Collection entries
--- START ---
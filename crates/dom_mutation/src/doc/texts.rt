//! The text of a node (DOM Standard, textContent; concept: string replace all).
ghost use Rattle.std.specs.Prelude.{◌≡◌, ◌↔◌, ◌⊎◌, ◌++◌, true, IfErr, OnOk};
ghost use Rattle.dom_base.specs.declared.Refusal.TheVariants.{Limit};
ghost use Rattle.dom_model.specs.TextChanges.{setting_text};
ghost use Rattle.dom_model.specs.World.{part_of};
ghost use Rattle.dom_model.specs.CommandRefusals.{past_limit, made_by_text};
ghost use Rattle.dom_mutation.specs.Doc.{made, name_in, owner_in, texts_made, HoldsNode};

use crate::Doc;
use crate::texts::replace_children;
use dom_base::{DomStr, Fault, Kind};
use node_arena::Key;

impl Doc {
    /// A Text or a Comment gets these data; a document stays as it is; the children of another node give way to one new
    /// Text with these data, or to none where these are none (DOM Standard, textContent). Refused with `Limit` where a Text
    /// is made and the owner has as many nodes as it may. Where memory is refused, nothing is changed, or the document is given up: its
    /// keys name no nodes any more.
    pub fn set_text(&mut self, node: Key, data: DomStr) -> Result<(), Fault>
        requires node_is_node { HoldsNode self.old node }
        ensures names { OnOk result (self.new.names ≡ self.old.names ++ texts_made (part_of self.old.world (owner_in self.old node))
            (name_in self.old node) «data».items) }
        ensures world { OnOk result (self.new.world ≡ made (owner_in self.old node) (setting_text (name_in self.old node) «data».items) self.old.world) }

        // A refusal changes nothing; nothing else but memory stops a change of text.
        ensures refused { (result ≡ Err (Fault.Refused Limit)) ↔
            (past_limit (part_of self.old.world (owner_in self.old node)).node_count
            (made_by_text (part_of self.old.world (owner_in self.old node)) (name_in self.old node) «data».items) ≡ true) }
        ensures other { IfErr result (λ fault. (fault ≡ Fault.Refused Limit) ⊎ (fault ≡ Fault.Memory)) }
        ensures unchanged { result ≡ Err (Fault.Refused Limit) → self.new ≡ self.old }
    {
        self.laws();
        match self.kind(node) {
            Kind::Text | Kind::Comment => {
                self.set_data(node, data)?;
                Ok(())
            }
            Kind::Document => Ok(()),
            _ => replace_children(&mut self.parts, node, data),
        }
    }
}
--- END ---
Work order: When you reach the line holding "use crate::texts::replace_children;" in the records above, begin reproducing exactly, stop after the line holding "where a Text", and output nothing else.

Written reply:
use crate::texts::replace_children;
use dom_base::{DomStr, Fault, Kind};
use node_arena::Key;

impl Doc {
    /// A Text or a Comment gets these data; a document stays as it is; the children of another node give way to one new
    /// Text with these data, or to none where these are none (DOM Standard, textContent). Refused with `Limit` where a Text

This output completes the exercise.